(Recorded data)

....

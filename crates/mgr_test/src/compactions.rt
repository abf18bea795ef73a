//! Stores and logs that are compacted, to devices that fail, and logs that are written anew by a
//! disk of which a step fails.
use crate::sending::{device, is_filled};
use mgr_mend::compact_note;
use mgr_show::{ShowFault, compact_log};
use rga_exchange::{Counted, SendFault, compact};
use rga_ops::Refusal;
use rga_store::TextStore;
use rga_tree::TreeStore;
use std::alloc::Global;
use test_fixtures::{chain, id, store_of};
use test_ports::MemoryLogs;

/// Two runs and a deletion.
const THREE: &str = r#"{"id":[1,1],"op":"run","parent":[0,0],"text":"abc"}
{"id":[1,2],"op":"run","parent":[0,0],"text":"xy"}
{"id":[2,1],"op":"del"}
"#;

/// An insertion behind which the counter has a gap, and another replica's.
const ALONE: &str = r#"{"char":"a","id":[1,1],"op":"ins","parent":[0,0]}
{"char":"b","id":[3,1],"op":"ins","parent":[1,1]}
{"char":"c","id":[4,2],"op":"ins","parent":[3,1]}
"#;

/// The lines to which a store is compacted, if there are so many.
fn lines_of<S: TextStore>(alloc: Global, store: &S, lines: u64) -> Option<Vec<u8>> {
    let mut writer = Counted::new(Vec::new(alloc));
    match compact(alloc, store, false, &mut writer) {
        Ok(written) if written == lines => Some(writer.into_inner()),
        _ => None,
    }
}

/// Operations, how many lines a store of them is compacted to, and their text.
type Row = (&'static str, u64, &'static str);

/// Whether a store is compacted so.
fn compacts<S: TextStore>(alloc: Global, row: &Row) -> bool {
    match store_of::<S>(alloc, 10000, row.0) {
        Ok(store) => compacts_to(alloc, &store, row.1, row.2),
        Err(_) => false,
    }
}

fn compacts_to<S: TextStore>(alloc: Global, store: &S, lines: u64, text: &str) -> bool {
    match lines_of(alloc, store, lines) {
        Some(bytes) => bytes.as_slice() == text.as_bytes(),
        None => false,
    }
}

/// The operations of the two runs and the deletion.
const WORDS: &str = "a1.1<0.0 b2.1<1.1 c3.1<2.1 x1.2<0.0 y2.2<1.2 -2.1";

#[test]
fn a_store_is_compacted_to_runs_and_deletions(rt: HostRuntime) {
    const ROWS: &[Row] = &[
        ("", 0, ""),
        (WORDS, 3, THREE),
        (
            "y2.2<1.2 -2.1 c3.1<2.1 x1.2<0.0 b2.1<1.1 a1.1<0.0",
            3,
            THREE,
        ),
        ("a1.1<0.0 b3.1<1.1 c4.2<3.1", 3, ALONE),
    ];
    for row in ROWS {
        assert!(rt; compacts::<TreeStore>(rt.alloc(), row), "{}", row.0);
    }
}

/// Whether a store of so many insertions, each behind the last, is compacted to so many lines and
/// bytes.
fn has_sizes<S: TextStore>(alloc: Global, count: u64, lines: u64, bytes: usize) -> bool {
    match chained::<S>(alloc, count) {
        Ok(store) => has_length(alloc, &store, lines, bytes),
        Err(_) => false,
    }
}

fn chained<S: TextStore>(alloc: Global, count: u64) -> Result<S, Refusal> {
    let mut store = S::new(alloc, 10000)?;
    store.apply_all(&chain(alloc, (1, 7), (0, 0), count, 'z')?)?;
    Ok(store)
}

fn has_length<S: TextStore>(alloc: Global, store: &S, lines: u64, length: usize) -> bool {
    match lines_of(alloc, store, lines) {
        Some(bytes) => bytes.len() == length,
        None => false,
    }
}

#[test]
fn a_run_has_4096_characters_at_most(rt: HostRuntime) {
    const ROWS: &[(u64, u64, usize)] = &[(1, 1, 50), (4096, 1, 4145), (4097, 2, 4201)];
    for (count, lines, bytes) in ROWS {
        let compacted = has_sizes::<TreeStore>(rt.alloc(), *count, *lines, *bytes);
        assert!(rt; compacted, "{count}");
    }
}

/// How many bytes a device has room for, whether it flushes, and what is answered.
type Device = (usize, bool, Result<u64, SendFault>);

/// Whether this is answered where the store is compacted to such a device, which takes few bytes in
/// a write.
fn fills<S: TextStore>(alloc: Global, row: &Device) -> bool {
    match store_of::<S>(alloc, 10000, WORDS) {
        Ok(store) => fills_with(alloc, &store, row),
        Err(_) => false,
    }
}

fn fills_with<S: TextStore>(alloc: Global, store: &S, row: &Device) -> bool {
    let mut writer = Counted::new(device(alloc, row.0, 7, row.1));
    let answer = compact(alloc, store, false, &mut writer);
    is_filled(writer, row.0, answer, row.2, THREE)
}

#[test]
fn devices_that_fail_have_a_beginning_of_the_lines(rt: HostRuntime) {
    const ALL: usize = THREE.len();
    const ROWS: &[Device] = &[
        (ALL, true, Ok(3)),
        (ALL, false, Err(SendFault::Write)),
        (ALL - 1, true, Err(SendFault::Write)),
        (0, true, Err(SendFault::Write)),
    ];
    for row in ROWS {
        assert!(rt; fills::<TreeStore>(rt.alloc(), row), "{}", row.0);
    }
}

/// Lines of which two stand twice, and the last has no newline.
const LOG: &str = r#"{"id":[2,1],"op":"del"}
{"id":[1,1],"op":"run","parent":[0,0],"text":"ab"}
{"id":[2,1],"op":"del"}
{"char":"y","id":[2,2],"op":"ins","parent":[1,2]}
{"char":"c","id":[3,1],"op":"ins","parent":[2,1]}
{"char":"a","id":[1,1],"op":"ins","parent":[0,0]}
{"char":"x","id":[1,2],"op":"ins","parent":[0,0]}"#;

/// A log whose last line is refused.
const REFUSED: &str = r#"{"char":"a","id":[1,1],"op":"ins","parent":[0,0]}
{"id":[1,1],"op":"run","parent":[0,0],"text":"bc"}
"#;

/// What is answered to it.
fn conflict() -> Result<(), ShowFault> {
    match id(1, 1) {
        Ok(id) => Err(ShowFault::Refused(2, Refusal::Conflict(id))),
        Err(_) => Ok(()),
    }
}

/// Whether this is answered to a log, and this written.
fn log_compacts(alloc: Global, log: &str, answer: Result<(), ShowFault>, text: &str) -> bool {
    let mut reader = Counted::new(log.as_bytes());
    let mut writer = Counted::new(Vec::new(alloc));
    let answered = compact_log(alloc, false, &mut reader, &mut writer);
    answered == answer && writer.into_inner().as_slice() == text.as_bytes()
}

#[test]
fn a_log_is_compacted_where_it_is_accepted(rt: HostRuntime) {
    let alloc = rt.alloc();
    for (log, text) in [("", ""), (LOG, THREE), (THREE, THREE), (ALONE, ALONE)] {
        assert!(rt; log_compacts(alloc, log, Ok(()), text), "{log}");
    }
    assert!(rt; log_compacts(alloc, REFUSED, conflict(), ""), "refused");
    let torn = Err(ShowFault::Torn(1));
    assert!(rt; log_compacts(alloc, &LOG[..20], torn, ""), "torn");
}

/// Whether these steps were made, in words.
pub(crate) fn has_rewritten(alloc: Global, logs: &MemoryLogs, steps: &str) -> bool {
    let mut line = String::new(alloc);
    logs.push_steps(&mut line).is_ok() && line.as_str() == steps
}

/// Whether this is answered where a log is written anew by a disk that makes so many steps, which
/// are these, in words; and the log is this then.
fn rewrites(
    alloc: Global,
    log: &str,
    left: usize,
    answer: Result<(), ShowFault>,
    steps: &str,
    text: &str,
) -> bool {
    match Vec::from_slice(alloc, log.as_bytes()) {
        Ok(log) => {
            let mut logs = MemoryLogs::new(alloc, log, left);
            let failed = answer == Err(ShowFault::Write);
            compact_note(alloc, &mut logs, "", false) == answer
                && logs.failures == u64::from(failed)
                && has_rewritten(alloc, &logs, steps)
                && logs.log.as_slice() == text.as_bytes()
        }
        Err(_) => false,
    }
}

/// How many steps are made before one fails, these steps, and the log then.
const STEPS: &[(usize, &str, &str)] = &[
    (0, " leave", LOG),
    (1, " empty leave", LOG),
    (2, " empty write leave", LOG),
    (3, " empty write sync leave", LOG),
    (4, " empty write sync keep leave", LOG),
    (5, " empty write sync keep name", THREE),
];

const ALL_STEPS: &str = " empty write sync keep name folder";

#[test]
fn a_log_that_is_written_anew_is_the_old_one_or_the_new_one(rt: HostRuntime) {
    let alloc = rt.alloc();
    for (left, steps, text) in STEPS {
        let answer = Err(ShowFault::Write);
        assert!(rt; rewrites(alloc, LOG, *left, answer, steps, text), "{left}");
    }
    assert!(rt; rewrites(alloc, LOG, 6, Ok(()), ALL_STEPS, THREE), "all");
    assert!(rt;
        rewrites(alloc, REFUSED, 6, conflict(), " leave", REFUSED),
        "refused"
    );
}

....

■ **Problem to work on**:
Only the lines containing the string "MemoryLogs" are needed; pull them out of the records.

■ **Solution for this exercise**:
use test_ports::MemoryLogs;
pub(crate) fn has_rewritten(alloc: Global, logs: &MemoryLogs, steps: &str) -> bool {
            let mut logs = MemoryLogs::new(alloc, log, left);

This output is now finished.